Whether it’s clothing, high-end fashion accessories or liquor, protecting your merchandise using security tags is one of the most effective means of combatting shoplifting.
Not only do visible tags provide a deterrent to shoplifting, electronic article surveillance tags alert staff immediately to a potential theft. Together this helps combat a retail shrink phenomenon which the National Retail Federation says cost US retailers $46.8 billion last year alone.
If you’re looking to take advantage of the loss prevention strategy that is security tags, here’s an insight into the types, sizes and styles of tags available.
EAS, visual and benefit denial
Security tags can be broadly broken down into three main categories: electronic article surveillance (EAS) tags, visual deterrent tags and benefit denial.

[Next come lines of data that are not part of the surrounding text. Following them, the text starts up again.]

//! Streams: where they end, what they are refused for, in what pieces they come, and readers and
//! writers that are interrupted or fail.
ghost use Rattle.std.specs.Prelude.{◌<◌, None};

use station_api::{Counted, Failing, Interrupted, Pieces, Served, Source, Transfer, Written};
use std::alloc::Global;
use std::str;
use std::test::Fail;
use test_fixtures::samples::SITE;
use test_fixtures::streams::{
    BAD_HEAD, CHUNKS_REFUSED, CUT_ORDER, IN_CHUNKS, LONG_HEAD, ORDER, ORDERED, with_orders,
};
use test_support::conversation::{first_difference, serve, served_by};
use test_support::keepers::{Fresh, KeeperCase, over_database, over_each, over_memory};

/// Streams over an empty store, in which `$ORDER` stands for the order and `$ORDERED` for its reply:
/// what is written, and how the stream ends.
const STREAMS: &[(&str, &str, Served)] = &[
    ("", "", Served::Ended),
    ("$ORDER$ORDER", "$ORDERED$ORDERED", Served::Ended),
    (CUT_ORDER, "", Served::Cut),
    // 65,536 bytes.
    (
        "POST /v1/order HTTP/1.1\r\nAuthorization: Bearer abc\r\nContent-Length: 65536\r\n\r\n{\"nr\":1,\"name\":\"o1\",\"issuer\":\"acme-ca\",\"prefix\":\"A\",\"width\":3,\"first\":998,\"quantity\":2,\"macs\":0}$TIMES~65440~ ~",
        "$ORDERED",
        Served::Ended,
    ),
    (
        "POST /v1/order HTTP/1.1\r\nAuthorization: Bearer abc\r\nContent-Length: 65537\r\n\r\n",
        "HTTP/1.1 413 Payload Too Large\r\nContent-Type: application/json\r\nContent-Length: 28\r\nConnection: close\r\n\r\n{\"error\":\"too_large\",\"no\":3}",
        Served::Closed,
    ),
    (IN_CHUNKS, CHUNKS_REFUSED, Served::Closed),
    (
        "POST /v1/order HTTP/1.1\r\nContent-Length: 96\r\nContent-Length: 96\r\n\r\n",
        "HTTP/1.1 400 Bad Request\r\nContent-Type: application/json\r\nContent-Length: 29\r\nConnection: close\r\n\r\n{\"error\":\"bad_length\",\"no\":2}",
        Served::Closed,
    ),
    // The stream goes on after an unknown token, and after a method that no path has.
    (
        "GET /v1/none HTTP/1.1\r\nAuthorization: Bearer zzz\r\n\r\nHEAD /v1/order?name=o1 HTTP/1.1\r\nAuthorization: Bearer abc\r\n\r\n$ORDER",
        "HTTP/1.1 401 Unauthorized\r\nContent-Type: application/json\r\nContent-Length: 32\r\nWWW-Authenticate: Bearer\r\n\r\n{\"error\":\"unknown_token\",\"no\":6}HTTP/1.1 404 Not Found\r\nContent-Type: application/json\r\nContent-Length: 31\r\n\r\n$ORDERED",
        Served::Ended,
    ),
    // A line end after the last request begins another head.
    ("$ORDER\r\n", "$ORDERED", Served::Cut),
];

/// The lengths of the pieces in which streams come.
const STEPS: &[usize] = &[1, 7, 97, 65_536];

/// How many bytes of a reply a writer takes before it fails.
const TAKEN: &[u32] = &[0, 10, 72, 100];

/// What is found where the order stands: it is shown, its request comes again, and another with its
/// number is refused.
const STANDING: &str = r#"
a1 GET /v1/order?name=o1
200 {"first":998,"issuer":"acme-ca","mac":null,"macs":0,"name":"o1","next":"A998","not_before":null,
  "prefix":"A","quantity":2,"width":3}
a1 POST /v1/order {"nr":1,"name":"o1","issuer":"acme-ca","prefix":"A","width":3,"first":998,"quantity":1,"macs":0}
409 {"error":"other_body","no":12}
a1 POST /v1/order {"nr":1,"name":"o1","issuer":"acme-ca","prefix":"A","width":3,"first":998,"quantity":2,"macs":0}
200 {"first":998,"issuer":"acme-ca","mac":null,"macs":0,"name":"o1","next":"A998","not_before":null,
  "prefix":"A","quantity":2,"width":3}
"#;

/// What differs where a stream ended with this written: its end or what was written. Nothing where
/// neither does.
fn difference_of_end(
    alloc: Global,
    wanted: (Served, &[u8]),
    got: (Served, &[u8]),
) -> Result<String, Fail> {
    if got == wanted {
        return Ok(String::new(alloc));
    }
    let (end, written) = wanted;
    let bytes = str::from_utf8(written).unwrap_or("no text");
    let text = str::from_utf8(got.1).unwrap_or("no text");
    Ok(format!(in alloc; "{end:?} {bytes} -> {:?} {text}", got.0)?)
}

/// Serves a stream that comes in pieces of `step` bytes over a keeper without rows: what differs of
/// its end and of what is written.
fn difference_in_pieces<K: Fresh>(
    alloc: Global,
    row: &(&str, &str, Served),
    step: usize,
) -> Result<String, Fail> {
    let stream = with_orders(alloc, row.0)?;
    let wanted = with_orders(alloc, row.1)?;
    let mut keep = K::fresh(alloc)?;
    let (served, writer) = serve(alloc, &mut keep, stream.as_bytes(), step.max(1))?;
    difference_of_end(alloc, (row.2, wanted.as_bytes()), (served, writer.bytes()))
}

/// Serves a stream in pieces of each length: what differs first of its end and of what is written, behind
/// the length.
fn first_difference_in_pieces<K: Fresh>(
    alloc: Global,
    row: &(&str, &str, Served),
) -> Result<String, Fail> {
    for step in STEPS {
        let found = difference_in_pieces::<K>(alloc, row, *step)?;
        if !found.is_empty() {
            return Ok(format!(in alloc; "pieces of {step}: {found}")?);
        }
    }
    Ok(String::new(alloc))
}

/// Streams in pieces.
struct Ends;

impl KeeperCase for Ends {
    fn first_difference<K: Fresh>(&self, alloc: Global) -> Result<String, Fail> {
        for row in STREAMS {
            let found = first_difference_in_pieces::<K>(alloc, row)?;
            if !found.is_empty() {
                return Ok(format!(in alloc; "{}: {found}", row.0)?);
            }
        }
        Ok(String::new(alloc))
    }
}

#[test]
fn streams_end_as_they_must(rt: HostRuntime) -> Result<(), Fail> {
    assert_eq!(rt; over_each(rt.alloc(), &Ends)?.as_str(), "");
    Ok(())
}

/// The request that shows the order where there is none, with its reply.
const NO_ORDER: &str = r#"
a1 GET /v1/order?name=o1
404 {"error":"unknown_order","no":14}
"#;

/// Serves the order without its end, of which so many bytes are there, over a keeper without rows:
/// what differs where it gets nothing, and there is no order then.
fn difference_of_cut<K: Fresh>(alloc: Global, count: usize) -> Result<String, Fail> {
    let mut keep = K::fresh(alloc)?;
    let front = ORDER.get(..count).ok_or("no such front")?;
    let (served, writer) = serve(alloc, &mut keep, front.as_bytes(), 4096)?;
    let found = difference_of_end(alloc, (Served::Cut, b""), (served, writer.bytes()))?;
    if !found.is_empty() {
        return Ok(found);
    }
    first_difference(alloc, &mut keep, NO_ORDER)
}

/// Serves a head that doesn't end over a keeper without rows: what differs where it is refused, and
/// the stream with it.
fn difference_of_long_head<K: Fresh>(alloc: Global) -> Result<String, Fail> {
    let stream = "a".repeat(alloc, LONG_HEAD)?;
    difference_in_pieces::<K>(alloc, &(stream.as_str(), BAD_HEAD, Served::Closed), 4096)
}

/// The order without its end, of each so many bytes that the number divides, and a head that doesn't end.
struct Cuts(usize);

impl KeeperCase for Cuts {
    fn first_difference<K: Fresh>(&self, alloc: Global) -> Result<String, Fail> {
        for count in 1..ORDER.len() {
            if count % self.0.max(1) == 0 {
                let found = difference_of_cut::<K>(alloc, count)?;
                if !found.is_empty() {
                    return Ok(format!(in alloc; "{count} bytes: {found}")?);
                }
            }
        }
        difference_of_long_head::<K>(alloc)
    }
}

/// Wherever the order ends before its end; over SQL at every 16th place. And a head that doesn't end.
#[test]
fn requests_without_their_ends_are_cut_or_refused(rt: HostRuntime) -> Result<(), Fail> {
    assert_eq!(rt; over_memory(rt.alloc(), &Cuts(1))?.as_str(), "");
    assert_eq!(rt; over_database(rt.alloc(), &Cuts(16))?.as_str(), "");
    Ok(())
}

/// A reader that is interrupted at each call.
#[derive(Drop)]
struct Disturbed {
    calls: u64,
}

impl Source for Disturbed {
    ghost left = { λ s. None };

    ghost calls = { λ s. s.calls };

    ghost failures = { λ s. 0 };

    fn read(&mut self, _room: &mut [u8]) -> Transfer {
        self.calls += 1;
        Transfer::Interrupted
    }
}

/// How many calls a stream may make.
const CALLS: u64 = 16_777_216;

/// A stream whose reader is interrupted at each call, which ends after so many calls as one may make.
struct CallLimit;

impl KeeperCase for CallLimit {
    fn first_difference<K: Fresh>(&self, alloc: Global) -> Result<String, Fail> {
        let mut keep = K::fresh(alloc)?;
        let mut reader = Disturbed { calls: 0 };
        let mut writer = Written::new(Vec::new(alloc), 4096);
        let served = served_by(alloc, &mut keep, SITE, &mut reader, &mut writer)?;
        if reader.calls != CALLS {
            return Ok(format!(in alloc; "{CALLS} calls -> {}", reader.calls)?);
        }
        difference_of_end(alloc, (Served::TurnLimit, b""), (served, writer.bytes()))
    }
}

#[test]
fn readers_that_never_read_end_at_the_limit(rt: HostRuntime) -> Result<(), Fail> {
    assert_eq!(rt; over_memory(rt.alloc(), &CallLimit)?.as_str(), "");
    Ok(())
}

/// Serves an order though reader and writer are interrupted at every second call: what differs.
fn difference_after_interruptions<K: Fresh>(alloc: Global) -> Result<String, Fail> {
    let mut keep = K::fresh(alloc)?;
    let mut reader = Interrupted::new(Pieces::new(ORDER.as_bytes(), 10));
    let mut writer = Interrupted::new(Written::new(Vec::new(alloc), 10));
    let served = served_by(alloc, &mut keep, SITE, &mut reader, &mut writer)?;
    let got = (served, writer.inner().bytes());
    difference_of_end(alloc, (Served::Ended, ORDERED.as_bytes()), got)
}

/// Serves an order whose reader fails inside of it: what differs where nothing is written.
fn difference_where_the_reader_fails<K: Fresh>(alloc: Global) -> Result<String, Fail> {
    let mut keep = K::fresh(alloc)?;
    let mut reader = Failing::new(Pieces::new(ORDER.as_bytes(), 1), 100);
    let mut writer = Written::new(Vec::new(alloc), 4096);
    let served = served_by(alloc, &mut keep, SITE, &mut reader, &mut writer)?;
    difference_of_end(alloc, (Served::ReadFault, b""), (served, writer.bytes()))
}

/// Serves an order to a writer that takes ten bytes and then none, with no error: what differs
/// where it has the first of the reply.
fn difference_at_a_full_writer<K: Fresh>(alloc: Global) -> Result<String, Fail> {
    let mut keep = K::fresh(alloc)?;
    let mut room = [0u8; 10];
    let mut reader = Pieces::new(ORDER.as_bytes(), 4096);
    let mut writer = Counted::new(room.as_mut_slice());
    let served = served_by(alloc, &mut keep, SITE, &mut reader, &mut writer)?;
    let wanted = ORDERED.as_bytes().get(..10).ok_or("no such front")?;
    difference_of_end(
        alloc,
        (Served::WriteFault, wanted),
        (served, room.as_slice()),
    )
}

/// Serves an order to a writer that takes so many bytes and then fails, over a keeper without rows:
/// what differs where it has these of the reply, and the order stands then.
fn difference_where_the_writer_fails<K: Fresh>(alloc: Global, taken: u32) -> Result<String, Fail> {
    let mut keep = K::fresh(alloc)?;
    let mut reader = Pieces::new(ORDER.as_bytes(), 4096);
    let mut writer = Failing::new(Written::new(Vec::new(alloc), 1), taken);
    let served = served_by(alloc, &mut keep, SITE, &mut reader, &mut writer)?;
    let wanted = ORDERED
        .as_bytes()
        .get(..taken as usize)
        .ok_or("no such front")?;
    let got = (served, writer.inner().bytes());
    let found = difference_of_end(alloc, (Served::WriteFault, wanted), got)?;
    if !found.is_empty() {
        return Ok(found);
    }
    first_difference(alloc, &mut keep, STANDING)
}

/// Readers and writers that fail.
struct Failures;

impl KeeperCase for Failures {
    fn first_difference<K: Fresh>(&self, alloc: Global) -> Result<String, Fail> {
        let mut found = difference_after_interruptions::<K>(alloc)?;
        if found.is_empty() {
            found = difference_where_the_reader_fails::<K>(alloc)?;
        }
        if found.is_empty() {
            found = difference_at_a_full_writer::<K>(alloc)?;
        }
        for taken in TAKEN {
            if found.is_empty() {
                found = difference_where_the_writer_fails::<K>(alloc, *taken)?;
            }
        }
        Ok(found)
    }
}

#[test]
fn readers_and_writers_may_fail(rt: HostRuntime) -> Result<(), Fail> {
    assert_eq!(rt; over_each(rt.alloc(), &Failures)?.as_str(), "");
    Ok(())
}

Used by 73 per cent of retailers according to the most recent Global Retail Theft Barometer, EAS security tags are the most effective tag type to combat theft.
The EAS system sees tags in communication with an antenna housed near the entrance to a store. When the tagged item comes into proximity of this antenna, an alarm sounds, alerting staff to a potential threat.
There are two main EAS systems (radio frequency and acousto magnetic) and the difference is the frequency at which the tags and antenna operate.
Benefit denial tags see the stolen merchandise negatively impacted when the thief tries to remove the tag. The most common form is ink dye tags which release indelible ink when the tag is tampered with, effectively rendering the stolen item useless.
Visual tags give the appearance that an EAS system is in place but do not actually have a receiver that communicates with an antenna.
This means they offer a visual deterrent for shoplifters rather than sounding an alarm and alerting staff when an item is being stolen.
In addition to different types of tags, there are different shapes and styles available which are designed to suit different merchandise.
Clothing tags comprise three key elements; the tag (which houses the receiver in the case of EAS), the pin (which goes through the garment) and the locking mechanism (which secures the pin in place).
There are two widely used types of locking mechanisms available; magnetic and mechanical, with magnetic tags available in a series of strengths ranging from standard to SuperLock, HyperLock and Multi-polar.
The stronger the magnetic lock, the harder the tag is to illegally remove, which is why a minimum strength of SuperLock is recommended.
Some of the most common shapes for fashion tags include alligator tags, which have a hinge, pencil tags, which are long and thin, square tags, and round or shell tags. In terms of security, shell tags are the shape considered hardest to prise open and remove illegally.
In addition to the strength of the locking mechanism and shape of the tag, a key factor to consider when selecting clothing tags is the size of the pin-head. The larger the pinhead the less likely it is to be illegally removed by pulling it through the garment.
Fashion accessory tags
Whether the product is shoes, a handbag or jewelry, there are a range of options when it comes to securing accessories using security tags.
These use strong cables, ties or lanyards, affix the security tag to the accessory. These cables and lanyards often feature materials that are resistant to being cut, and the lanyard or strap can secure into the tag’s locking mechanism.
One of the most frequently targeted items for theft is liquor bottles, with the Global Retail Theft Barometer noting spirits are often easy to conceal and can be resold at a high value.
In fact, wines and spirits are the number one food item targeted by shoplifters globally.
Bottle tags specifically target this type of theft, providing a visual deterrent in addition to EAS security.
For retailers of eyeglasses and sunglasses, merchandise security is a must. Classed as a fashion accessory, sunglasses sit in the second most commonly targeted theft category for the apparel and accessory sector.
Optical tags are specifically designed to sit in the arm of eyewear, allowing the consumer to try items on.